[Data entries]

= = = = =

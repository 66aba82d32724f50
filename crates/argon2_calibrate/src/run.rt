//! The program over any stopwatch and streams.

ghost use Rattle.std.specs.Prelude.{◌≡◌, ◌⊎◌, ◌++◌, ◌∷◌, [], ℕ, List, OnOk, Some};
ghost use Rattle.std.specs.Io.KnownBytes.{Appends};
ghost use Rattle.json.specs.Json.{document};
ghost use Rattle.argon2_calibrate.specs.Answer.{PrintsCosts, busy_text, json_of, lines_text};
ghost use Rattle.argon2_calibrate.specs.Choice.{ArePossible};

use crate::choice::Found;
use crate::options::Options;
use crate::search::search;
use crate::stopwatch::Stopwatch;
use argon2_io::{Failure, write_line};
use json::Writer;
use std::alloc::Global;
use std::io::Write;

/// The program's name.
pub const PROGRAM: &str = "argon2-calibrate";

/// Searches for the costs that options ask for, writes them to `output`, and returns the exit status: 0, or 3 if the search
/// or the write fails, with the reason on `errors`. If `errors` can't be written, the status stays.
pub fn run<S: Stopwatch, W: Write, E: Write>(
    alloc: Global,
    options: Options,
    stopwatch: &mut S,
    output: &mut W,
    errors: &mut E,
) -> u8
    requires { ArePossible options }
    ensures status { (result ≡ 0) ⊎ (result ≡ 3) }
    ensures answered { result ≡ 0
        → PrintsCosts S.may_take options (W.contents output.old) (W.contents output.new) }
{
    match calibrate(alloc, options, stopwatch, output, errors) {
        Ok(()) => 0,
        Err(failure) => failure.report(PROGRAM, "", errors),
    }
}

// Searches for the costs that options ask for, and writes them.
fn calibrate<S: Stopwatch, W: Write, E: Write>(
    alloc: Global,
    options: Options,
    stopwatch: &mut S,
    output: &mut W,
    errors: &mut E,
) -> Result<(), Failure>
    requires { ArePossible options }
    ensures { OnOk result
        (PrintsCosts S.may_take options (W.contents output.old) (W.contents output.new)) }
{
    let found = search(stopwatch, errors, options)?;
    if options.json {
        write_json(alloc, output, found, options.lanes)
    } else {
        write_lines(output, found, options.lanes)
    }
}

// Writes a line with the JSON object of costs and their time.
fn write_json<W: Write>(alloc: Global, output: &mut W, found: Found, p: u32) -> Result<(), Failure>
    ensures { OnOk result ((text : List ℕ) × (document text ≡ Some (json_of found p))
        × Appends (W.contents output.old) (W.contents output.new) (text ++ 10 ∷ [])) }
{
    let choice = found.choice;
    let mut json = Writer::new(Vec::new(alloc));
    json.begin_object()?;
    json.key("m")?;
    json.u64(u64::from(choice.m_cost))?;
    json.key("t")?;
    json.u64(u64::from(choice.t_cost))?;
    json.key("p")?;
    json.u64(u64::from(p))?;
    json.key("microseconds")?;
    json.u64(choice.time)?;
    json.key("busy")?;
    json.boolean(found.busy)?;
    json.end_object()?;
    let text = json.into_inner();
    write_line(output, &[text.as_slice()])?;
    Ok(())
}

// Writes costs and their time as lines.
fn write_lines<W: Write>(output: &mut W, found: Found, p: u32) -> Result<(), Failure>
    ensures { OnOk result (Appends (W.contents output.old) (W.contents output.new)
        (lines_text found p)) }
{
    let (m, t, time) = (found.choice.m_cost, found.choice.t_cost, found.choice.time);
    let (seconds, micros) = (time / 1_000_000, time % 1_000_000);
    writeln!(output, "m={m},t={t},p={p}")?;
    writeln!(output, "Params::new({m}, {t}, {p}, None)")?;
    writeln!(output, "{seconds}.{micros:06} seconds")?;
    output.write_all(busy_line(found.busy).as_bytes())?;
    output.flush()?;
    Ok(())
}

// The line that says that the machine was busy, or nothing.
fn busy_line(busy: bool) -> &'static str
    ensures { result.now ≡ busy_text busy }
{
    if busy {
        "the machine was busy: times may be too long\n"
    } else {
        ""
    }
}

= = = = =

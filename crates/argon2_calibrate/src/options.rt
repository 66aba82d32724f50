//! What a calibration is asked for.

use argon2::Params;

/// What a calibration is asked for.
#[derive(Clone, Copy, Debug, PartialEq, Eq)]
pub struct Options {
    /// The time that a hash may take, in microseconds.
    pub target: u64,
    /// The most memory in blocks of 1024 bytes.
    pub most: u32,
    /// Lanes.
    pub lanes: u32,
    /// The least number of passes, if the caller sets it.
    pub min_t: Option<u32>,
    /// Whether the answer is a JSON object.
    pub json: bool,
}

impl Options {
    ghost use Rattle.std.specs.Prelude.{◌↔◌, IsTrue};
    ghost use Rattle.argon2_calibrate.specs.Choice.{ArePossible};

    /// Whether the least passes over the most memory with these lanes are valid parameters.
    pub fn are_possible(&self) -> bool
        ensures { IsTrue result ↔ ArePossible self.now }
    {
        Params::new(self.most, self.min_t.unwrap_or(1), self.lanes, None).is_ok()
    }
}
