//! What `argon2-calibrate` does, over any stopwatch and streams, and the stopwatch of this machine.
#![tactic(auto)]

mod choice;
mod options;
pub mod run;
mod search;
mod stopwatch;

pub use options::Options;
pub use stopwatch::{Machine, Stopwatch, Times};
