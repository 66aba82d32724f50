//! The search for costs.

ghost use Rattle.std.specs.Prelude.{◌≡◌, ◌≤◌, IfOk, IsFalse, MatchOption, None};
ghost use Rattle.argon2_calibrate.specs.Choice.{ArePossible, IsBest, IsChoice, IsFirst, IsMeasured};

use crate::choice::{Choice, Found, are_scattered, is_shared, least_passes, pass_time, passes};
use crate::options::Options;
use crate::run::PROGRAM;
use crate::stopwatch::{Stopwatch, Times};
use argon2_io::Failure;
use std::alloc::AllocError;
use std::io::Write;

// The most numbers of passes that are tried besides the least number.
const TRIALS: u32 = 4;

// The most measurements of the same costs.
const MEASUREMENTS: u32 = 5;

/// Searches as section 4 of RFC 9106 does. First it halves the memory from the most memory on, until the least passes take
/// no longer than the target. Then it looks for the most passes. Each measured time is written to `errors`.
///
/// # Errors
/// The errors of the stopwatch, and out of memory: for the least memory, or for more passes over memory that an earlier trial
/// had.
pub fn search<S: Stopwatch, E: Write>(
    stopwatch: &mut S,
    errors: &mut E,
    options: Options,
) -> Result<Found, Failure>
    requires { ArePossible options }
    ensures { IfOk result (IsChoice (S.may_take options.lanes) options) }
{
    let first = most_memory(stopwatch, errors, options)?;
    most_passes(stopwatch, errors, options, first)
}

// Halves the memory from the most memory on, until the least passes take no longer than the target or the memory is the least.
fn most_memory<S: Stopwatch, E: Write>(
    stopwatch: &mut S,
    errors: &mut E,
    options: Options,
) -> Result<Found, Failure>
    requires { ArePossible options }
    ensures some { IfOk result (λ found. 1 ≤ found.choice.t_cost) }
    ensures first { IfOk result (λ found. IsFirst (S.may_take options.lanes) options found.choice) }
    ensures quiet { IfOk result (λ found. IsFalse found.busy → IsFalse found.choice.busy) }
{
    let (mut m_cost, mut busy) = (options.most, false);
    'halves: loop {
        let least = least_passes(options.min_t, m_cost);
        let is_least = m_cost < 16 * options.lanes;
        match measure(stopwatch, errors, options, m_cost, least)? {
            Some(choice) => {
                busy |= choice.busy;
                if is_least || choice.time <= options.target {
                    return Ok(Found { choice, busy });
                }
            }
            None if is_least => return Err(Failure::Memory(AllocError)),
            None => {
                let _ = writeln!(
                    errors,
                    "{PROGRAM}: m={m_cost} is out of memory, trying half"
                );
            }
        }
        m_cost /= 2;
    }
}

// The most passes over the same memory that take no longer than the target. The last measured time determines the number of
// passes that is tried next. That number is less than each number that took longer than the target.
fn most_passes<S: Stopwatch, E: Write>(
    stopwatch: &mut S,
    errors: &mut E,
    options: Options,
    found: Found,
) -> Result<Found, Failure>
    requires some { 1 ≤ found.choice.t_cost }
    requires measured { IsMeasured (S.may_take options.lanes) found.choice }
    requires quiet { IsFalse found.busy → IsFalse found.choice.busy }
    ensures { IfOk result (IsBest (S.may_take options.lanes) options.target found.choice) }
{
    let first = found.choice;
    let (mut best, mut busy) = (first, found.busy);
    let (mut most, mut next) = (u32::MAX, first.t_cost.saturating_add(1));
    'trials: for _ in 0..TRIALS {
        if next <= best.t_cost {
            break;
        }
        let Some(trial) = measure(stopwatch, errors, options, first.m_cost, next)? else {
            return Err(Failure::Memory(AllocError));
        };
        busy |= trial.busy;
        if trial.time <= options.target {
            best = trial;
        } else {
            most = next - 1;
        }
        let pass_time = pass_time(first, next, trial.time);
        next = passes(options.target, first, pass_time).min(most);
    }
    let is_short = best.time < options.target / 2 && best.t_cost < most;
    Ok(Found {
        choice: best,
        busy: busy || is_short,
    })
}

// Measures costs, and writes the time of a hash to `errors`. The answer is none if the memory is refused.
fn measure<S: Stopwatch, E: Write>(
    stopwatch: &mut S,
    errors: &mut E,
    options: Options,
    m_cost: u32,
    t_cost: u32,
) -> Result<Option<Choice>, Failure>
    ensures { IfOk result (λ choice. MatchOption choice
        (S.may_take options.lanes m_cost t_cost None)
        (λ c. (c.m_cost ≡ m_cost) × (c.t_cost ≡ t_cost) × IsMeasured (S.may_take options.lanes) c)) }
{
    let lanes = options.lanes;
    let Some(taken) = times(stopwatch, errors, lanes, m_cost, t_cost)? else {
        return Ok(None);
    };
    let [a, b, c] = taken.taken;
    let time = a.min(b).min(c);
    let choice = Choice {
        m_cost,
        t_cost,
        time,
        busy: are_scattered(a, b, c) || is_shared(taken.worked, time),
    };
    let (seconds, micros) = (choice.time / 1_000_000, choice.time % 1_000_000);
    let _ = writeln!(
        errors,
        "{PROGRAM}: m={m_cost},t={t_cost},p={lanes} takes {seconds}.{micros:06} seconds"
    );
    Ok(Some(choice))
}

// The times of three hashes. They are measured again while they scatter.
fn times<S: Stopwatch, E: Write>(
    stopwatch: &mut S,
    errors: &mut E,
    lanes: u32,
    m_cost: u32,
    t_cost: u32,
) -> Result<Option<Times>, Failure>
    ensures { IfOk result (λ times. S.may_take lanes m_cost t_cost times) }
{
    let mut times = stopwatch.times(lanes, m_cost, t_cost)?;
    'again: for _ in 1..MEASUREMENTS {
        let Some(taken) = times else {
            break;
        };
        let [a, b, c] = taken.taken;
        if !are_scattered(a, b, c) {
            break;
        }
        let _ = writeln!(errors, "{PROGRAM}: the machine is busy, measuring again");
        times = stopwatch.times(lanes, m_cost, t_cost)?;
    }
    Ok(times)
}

= = = = =

◆ **Work request**
Please filter the data down to the lines containing the word "that".

◆ **Answer to this task**
/// Searches for the costs that options ask for, writes them to `output`, and returns the exit status: 0, or 3 if the search
// Searches for the costs that options ask for, and writes them.
// The line that says that the machine was busy, or nothing.
    /// The time that a hash may take, in microseconds.
// The most numbers of passes that are tried besides the least number.
/// The errors of the stopwatch, and out of memory: for the least memory, or for more passes over memory that an earlier trial
// The most passes over the same memory that take no longer than the target. The last measured time determines the number of
// passes that is tried next. That number is less than each number that took longer than the target.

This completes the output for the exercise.